Impact of Integrase Inhibitors on Cardiovascular Disease Events in People With Human Immunodeficiency Virus Starting Antiretroviral Therapy.

Background: Integrase strand transfer inhibitors (INSTIs) have been associated with an increased risk for cardiovascular disease (CVD) events. We investigated the impact of starting INSTI-based antiretroviral therapy (ART) on CVD events among treatment-naïve people with human immunodeficiency virus using a target trial framework, which reduces the potential for confounding and selection bias.

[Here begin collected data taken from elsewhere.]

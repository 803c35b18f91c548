ghost use Rattle.std.specs.Prelude.{◌≡◌, ◌≢◌, ◌≤◌, length, None, Some, OnOk, IfOk, IfErr};
ghost use Rattle.std.specs.Int.{bytes_high_first};
ghost use Rattle.of_memory.specs.Access.{read_fault, write_fault, number_at};
ghost use Rattle.of_memory.specs.DataSpace.{IsSound, bytes_from, written};
ghost use Rattle.of_memory.specs.declared.width.Width.{Width};
ghost use Rattle.of_memory.specs.Outcomes.{TakesNoMemory};
ghost use Rattle.of_prims.specs.Data.{throw_of, thrown, fault_of, cell_at};

use of_cells::Cell;
use of_memory::{MemFault, Memory, Width};
use of_stacks::Throw;

/// What a word throws for a fault of the data space: -9 for an address, -23 for its alignment, -20
/// for a region that programs may only read, -24 for a block, and -8 where no room is left.
///
/// A refused growth of memory is no throw.
#[inline]
pub fn throw_of(fault: MemFault) -> Throw
    requires { fault ≢ MemFault.NoMemory }
    ensures { result ≡ throw_of fault }
{
    match fault {
        MemFault::Address => Throw::INVALID_ADDRESS,
        MemFault::Alignment => Throw::ALIGNMENT,
        MemFault::ReadOnly => Throw::READ_ONLY,
        MemFault::Full => Throw::DICTIONARY_OVERFLOW,
        MemFault::BadBlock => Throw::INVALID_ARGUMENT,
        // Not given, by the condition.
        MemFault::NoMemory => Throw::ABORT,
    }
}

/// The bytes of a range that can be read, or the throw of a range that can't.
pub fn slice(memory: &Memory, addr: Cell, len: Cell) -> Result<&[u8], Throw>
    ensures ok { IfOk result (λ s. (read_fault memory.now addr.0 len.0 Width.One ≡ None)
        × (s.now ≡ bytes_from memory.now addr.0 len.0)) }
    ensures short { IfOk result (λ s. length s.now ≤ len.0) }
    ensures err { IfErr result (λ t. fault_of (read_fault memory.now addr.0 len.0 Width.One) ≡ Some t) }
{
    thrown(memory.slice(addr, len))
}

/// Throws where a range can't be read at a multiple of the width.
pub fn check_read(memory: &Memory, addr: Cell, len: Cell, width: Width) -> Result<(), Throw>
    ensures ok { OnOk result (read_fault memory.now addr.0 len.0 width ≡ None) }
    ensures err { IfErr result (λ t. fault_of (read_fault memory.now addr.0 len.0 width) ≡ Some t) }
{
    thrown(memory.check_read(addr, len, width))
}

/// Throws where a range can't be written at a multiple of the width.
pub fn check_write(memory: &Memory, addr: Cell, len: Cell, width: Width) -> Result<(), Throw>
    ensures ok { OnOk result (write_fault memory.now addr.0 len.0 width ≡ None) }
    ensures err { IfErr result (λ t. fault_of (write_fault memory.now addr.0 len.0 width) ≡ Some t) }
    ensures sound { IsSound memory.now }
{
    thrown(memory.check_write(addr, len, width))
}

/// The byte at an address that can be read.
pub fn byte_at(memory: &Memory, addr: Cell) -> u8
    requires { read_fault memory.now addr.0 1 Width.One ≡ None }
    ensures { result ≡ number_at memory.now addr.0 1 }
{
    match memory.read8(addr) {
        Ok(byte) => byte,
        Err(_) => 0,
    }
}

/// The cell at an address where one can be read.
pub fn cell_at(memory: &Memory, addr: Cell) -> Cell
    requires { read_fault memory.now addr.0 4 Width.Four ≡ None }
    ensures { result ≡ cell_at memory.now addr.0 }
{
    match memory.read32(addr) {
        Ok(x) => x,
        Err(_) => Cell::ZERO,
    }
}

/// Stores a cell at an address where one can be written.
pub fn put_cell(memory: &mut Memory, addr: Cell, x: Cell)
    requires { write_fault memory.old addr.0 4 Width.Four ≡ None }
    ensures { memory.new ≡ written memory.old addr.0 (bytes_high_first 4 x.0) }
{
    let _ = memory.write32(addr, x);
}

/// The answer of a call on the data space, with its fault as a throw.
#[inline]
pub fn thrown<T: Drop>(answer: Result<T, MemFault>) -> Result<T, Throw>
    requires { TakesNoMemory answer }
    ensures { result ≡ thrown answer }
{
    match answer {
        Ok(value) => Ok(value),
        Err(fault) => Err(throw_of(fault)),
    }
}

Methods: We included Swiss HIV Cohort Study participants who were ART-naïve after May 2008, when INSTIs became available in Switzerland. Individuals were categorized according to their first ART regimen (INSTI vs other ART) and were followed from ART start until the first of CVD event (myocardial infarction, stroke, or invasive cardiovascular procedure), loss to follow-up, death, or last cohort visit. We calculated hazard ratios and risk differences using pooled logistic regression models with inverse probability of treatment and censoring weights.
Results: Of 5362 participants (median age 38 years, 21% women, 15% of African origin), 1837 (34.3%) started INSTI-based ART, and 3525 (65.7%) started other ART. Within 4.9 years (interquartile range, 2.4-7.4), 116 CVD events occurred. Starting INSTI-based ART was not associated with an increased risk for CVD events (adjusted hazard ratio, 0.80; 95% confidence interval [CI], .46-1.39). Adjusted risk differences between individuals who started INSTIs and those who started other ART were -0.17% (95% CI, -.37 to .19) after 1 year, -0.61% (-1.54 to 0.22) after 5 years, and -0.71% (-2.16 to 0.94) after 8 years.
Conclusions: In this target trial emulation, we found no difference in short- or long-term risk for CVD events between treatment-naïve people with human immunodeficiency virus who started INSTI-based ART and those on other ART.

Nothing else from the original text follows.